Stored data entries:

◇ ◇ ◇ ◇ ◇ ◇ ◇

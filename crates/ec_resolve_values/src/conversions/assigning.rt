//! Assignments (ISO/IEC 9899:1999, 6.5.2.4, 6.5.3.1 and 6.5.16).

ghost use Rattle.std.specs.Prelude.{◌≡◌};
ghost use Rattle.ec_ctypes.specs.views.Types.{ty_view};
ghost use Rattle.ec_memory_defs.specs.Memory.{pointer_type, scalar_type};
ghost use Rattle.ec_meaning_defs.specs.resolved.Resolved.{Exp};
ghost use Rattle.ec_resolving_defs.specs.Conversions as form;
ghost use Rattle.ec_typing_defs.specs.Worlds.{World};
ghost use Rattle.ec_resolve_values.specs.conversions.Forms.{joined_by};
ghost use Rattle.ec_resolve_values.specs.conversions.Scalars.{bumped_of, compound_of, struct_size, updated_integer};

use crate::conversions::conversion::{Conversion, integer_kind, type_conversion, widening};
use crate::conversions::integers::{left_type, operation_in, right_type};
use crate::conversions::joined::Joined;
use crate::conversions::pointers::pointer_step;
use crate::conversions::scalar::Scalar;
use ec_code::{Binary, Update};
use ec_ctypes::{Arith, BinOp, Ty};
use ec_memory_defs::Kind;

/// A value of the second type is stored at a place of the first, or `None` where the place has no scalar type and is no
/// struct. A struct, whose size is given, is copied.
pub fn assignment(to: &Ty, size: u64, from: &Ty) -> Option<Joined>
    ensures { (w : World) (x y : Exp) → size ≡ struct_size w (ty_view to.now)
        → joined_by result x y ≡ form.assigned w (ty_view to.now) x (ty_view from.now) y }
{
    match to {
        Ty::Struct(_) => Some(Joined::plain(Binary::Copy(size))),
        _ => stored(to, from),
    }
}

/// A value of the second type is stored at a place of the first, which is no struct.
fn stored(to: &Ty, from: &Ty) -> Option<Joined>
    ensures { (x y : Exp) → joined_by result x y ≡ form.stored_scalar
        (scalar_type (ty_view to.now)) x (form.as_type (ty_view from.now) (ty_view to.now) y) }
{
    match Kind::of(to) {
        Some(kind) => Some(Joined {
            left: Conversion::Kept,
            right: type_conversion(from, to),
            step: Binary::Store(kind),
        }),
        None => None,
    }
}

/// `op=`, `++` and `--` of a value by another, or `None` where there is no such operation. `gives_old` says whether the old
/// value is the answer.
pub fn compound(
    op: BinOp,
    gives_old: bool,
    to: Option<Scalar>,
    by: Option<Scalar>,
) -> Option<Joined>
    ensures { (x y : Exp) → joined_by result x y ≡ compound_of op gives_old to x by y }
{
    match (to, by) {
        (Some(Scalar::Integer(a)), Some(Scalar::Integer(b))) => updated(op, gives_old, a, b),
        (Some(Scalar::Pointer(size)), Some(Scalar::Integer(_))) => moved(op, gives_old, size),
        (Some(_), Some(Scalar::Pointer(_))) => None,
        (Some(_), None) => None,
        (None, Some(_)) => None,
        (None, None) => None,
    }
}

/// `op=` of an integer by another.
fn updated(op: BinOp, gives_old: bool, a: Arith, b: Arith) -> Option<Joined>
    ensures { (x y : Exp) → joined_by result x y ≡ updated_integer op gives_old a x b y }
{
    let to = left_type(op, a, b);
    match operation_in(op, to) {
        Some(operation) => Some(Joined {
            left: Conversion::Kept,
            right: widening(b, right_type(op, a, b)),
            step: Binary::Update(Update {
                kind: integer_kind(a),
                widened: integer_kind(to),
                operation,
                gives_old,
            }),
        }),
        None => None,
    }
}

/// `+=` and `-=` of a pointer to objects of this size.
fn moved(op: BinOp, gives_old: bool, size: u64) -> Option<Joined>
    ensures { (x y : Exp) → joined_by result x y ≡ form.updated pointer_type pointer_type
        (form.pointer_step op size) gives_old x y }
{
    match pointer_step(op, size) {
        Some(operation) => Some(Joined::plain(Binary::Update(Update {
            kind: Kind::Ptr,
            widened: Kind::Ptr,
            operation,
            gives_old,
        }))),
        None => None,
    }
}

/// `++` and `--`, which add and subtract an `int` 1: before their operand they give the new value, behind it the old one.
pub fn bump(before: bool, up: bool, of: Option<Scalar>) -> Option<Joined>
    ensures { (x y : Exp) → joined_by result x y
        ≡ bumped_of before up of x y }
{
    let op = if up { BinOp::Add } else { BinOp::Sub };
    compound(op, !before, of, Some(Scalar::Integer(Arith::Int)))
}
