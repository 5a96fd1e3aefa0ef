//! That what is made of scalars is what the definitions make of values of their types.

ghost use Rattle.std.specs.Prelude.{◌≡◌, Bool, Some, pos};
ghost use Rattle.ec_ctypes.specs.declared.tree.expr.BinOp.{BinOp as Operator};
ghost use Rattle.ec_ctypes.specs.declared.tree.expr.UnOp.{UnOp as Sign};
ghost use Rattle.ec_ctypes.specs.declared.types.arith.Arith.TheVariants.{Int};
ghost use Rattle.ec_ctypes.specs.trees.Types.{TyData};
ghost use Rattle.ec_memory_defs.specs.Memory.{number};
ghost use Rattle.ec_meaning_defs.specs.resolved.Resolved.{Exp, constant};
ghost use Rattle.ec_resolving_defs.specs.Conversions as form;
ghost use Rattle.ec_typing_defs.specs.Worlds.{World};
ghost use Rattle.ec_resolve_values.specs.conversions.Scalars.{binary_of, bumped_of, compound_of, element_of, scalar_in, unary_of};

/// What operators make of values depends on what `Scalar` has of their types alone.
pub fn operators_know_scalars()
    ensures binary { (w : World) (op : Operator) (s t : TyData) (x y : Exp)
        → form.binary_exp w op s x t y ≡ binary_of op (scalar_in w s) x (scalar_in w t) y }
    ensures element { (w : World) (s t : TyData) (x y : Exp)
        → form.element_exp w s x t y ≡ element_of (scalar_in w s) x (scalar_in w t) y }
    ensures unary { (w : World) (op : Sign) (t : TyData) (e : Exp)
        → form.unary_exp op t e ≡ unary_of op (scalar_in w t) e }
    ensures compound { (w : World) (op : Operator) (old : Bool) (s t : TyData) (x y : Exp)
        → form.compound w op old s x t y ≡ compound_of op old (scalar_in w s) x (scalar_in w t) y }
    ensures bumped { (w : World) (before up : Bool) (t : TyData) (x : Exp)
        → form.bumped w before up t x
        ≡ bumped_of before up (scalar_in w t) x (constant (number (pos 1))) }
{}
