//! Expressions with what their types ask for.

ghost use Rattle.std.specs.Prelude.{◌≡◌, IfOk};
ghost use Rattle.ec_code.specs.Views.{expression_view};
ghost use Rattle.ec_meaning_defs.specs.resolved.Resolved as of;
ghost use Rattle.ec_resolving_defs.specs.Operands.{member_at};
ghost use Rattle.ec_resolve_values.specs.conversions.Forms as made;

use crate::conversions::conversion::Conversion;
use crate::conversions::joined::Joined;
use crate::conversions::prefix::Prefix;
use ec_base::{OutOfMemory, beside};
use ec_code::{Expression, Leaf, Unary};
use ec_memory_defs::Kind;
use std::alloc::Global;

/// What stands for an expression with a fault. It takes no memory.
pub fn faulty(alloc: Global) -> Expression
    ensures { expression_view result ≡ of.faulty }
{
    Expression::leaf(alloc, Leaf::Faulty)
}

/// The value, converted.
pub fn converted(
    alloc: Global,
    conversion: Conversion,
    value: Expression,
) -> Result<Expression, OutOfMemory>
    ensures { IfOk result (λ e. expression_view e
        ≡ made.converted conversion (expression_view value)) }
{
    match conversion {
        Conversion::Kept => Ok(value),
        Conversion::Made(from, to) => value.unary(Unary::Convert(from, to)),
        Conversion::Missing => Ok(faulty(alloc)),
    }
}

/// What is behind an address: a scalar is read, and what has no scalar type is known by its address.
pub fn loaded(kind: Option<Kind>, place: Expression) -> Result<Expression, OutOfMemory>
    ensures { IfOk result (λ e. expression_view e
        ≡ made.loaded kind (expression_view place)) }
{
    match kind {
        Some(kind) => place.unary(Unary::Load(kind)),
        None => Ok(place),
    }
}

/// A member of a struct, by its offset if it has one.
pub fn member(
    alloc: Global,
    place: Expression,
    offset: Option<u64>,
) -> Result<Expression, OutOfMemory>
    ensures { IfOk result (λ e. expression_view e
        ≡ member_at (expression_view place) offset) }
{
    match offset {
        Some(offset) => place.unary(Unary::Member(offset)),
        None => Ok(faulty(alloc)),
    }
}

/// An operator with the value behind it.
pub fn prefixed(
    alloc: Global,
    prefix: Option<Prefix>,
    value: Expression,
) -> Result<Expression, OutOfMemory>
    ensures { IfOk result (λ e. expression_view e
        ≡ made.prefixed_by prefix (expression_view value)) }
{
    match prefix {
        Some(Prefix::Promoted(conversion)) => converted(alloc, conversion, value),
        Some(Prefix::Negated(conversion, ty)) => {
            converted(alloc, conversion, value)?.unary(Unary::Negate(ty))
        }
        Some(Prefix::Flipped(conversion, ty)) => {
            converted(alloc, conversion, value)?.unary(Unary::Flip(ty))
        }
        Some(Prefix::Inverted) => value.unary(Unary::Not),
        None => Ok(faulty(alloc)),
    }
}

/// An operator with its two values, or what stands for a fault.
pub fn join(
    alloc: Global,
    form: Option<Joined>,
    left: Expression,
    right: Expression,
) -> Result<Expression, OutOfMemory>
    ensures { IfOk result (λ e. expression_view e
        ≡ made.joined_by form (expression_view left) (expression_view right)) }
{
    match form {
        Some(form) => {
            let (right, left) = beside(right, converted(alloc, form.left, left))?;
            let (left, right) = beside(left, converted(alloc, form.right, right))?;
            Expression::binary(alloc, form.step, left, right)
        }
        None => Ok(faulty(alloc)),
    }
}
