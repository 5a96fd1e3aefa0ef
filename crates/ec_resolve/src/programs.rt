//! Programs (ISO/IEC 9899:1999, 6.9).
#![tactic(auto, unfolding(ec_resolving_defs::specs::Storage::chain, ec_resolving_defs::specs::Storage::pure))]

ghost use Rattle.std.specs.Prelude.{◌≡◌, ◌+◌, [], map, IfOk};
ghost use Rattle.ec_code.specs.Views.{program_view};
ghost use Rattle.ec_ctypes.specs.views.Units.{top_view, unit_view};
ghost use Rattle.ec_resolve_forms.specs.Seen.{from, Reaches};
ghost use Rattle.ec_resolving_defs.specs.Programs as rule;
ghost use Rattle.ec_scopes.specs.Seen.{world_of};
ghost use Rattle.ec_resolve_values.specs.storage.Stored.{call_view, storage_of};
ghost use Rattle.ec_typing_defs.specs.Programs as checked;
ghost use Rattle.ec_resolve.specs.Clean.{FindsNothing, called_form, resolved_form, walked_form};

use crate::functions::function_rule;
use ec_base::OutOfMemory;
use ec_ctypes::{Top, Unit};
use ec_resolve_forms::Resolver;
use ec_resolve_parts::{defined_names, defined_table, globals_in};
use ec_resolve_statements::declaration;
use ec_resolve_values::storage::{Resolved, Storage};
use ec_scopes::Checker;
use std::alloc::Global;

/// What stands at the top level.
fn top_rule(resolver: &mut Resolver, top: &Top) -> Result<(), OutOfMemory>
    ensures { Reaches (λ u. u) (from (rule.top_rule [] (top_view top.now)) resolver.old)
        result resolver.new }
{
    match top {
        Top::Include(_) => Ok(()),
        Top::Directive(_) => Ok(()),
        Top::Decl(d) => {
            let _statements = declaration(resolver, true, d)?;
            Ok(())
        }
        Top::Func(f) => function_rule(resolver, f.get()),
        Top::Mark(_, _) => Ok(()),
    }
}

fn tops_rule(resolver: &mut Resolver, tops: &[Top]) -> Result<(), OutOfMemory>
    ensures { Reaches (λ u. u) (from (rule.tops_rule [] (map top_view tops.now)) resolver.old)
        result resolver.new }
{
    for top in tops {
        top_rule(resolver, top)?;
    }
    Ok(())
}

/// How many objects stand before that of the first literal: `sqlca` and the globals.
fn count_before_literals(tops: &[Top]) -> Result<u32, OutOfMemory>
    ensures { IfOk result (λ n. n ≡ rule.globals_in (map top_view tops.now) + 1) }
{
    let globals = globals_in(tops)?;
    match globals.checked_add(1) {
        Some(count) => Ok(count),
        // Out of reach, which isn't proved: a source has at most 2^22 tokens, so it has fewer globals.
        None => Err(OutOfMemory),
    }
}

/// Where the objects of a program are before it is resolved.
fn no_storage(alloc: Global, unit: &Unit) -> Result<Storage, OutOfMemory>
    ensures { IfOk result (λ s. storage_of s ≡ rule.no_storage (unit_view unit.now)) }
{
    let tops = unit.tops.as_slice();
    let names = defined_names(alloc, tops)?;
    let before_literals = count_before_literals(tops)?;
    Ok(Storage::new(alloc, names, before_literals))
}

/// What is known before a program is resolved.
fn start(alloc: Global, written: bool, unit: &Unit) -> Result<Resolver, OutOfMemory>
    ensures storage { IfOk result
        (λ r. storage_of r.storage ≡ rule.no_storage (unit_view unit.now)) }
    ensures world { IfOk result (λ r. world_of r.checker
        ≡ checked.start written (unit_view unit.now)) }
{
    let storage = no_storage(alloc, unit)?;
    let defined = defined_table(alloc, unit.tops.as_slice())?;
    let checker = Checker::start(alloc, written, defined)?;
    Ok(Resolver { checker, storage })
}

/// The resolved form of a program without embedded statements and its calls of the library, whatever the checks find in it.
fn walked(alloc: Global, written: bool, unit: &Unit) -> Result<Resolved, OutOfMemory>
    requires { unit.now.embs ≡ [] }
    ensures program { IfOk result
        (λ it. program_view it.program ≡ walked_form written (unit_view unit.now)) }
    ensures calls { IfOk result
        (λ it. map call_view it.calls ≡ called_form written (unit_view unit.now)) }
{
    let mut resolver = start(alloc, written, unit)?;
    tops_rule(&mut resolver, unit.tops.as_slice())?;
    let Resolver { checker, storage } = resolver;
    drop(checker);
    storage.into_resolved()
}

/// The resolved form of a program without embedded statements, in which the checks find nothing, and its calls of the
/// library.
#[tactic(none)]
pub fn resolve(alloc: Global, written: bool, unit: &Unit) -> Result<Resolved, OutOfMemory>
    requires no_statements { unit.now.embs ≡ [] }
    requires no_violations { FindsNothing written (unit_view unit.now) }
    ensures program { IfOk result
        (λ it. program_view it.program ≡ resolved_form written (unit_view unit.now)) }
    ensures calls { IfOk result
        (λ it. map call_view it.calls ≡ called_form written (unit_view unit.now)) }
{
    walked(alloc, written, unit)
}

◇ ◇ ◇ ◇ ◇ ◇ ◇

Begin with the first line of the records and reproduce each line as is, ending with the line that holds "use crate::conversions::pointers::pointer_step;".

SOLUTION:
filename crates/ec_resolve_values/src/conversions/assigning.rt
//! Assignments (ISO/IEC 9899:1999, 6.5.2.4, 6.5.3.1 and 6.5.16).

ghost use Rattle.std.specs.Prelude.{◌≡◌};
ghost use Rattle.ec_ctypes.specs.views.Types.{ty_view};
ghost use Rattle.ec_memory_defs.specs.Memory.{pointer_type, scalar_type};
ghost use Rattle.ec_meaning_defs.specs.resolved.Resolved.{Exp};
ghost use Rattle.ec_resolving_defs.specs.Conversions as form;
ghost use Rattle.ec_typing_defs.specs.Worlds.{World};
ghost use Rattle.ec_resolve_values.specs.conversions.Forms.{joined_by};
ghost use Rattle.ec_resolve_values.specs.conversions.Scalars.{bumped_of, compound_of, struct_size, updated_integer};

use crate::conversions::conversion::{Conversion, integer_kind, type_conversion, widening};
use crate::conversions::integers::{left_type, operation_in, right_type};
use crate::conversions::joined::Joined;
use crate::conversions::pointers::pointer_step;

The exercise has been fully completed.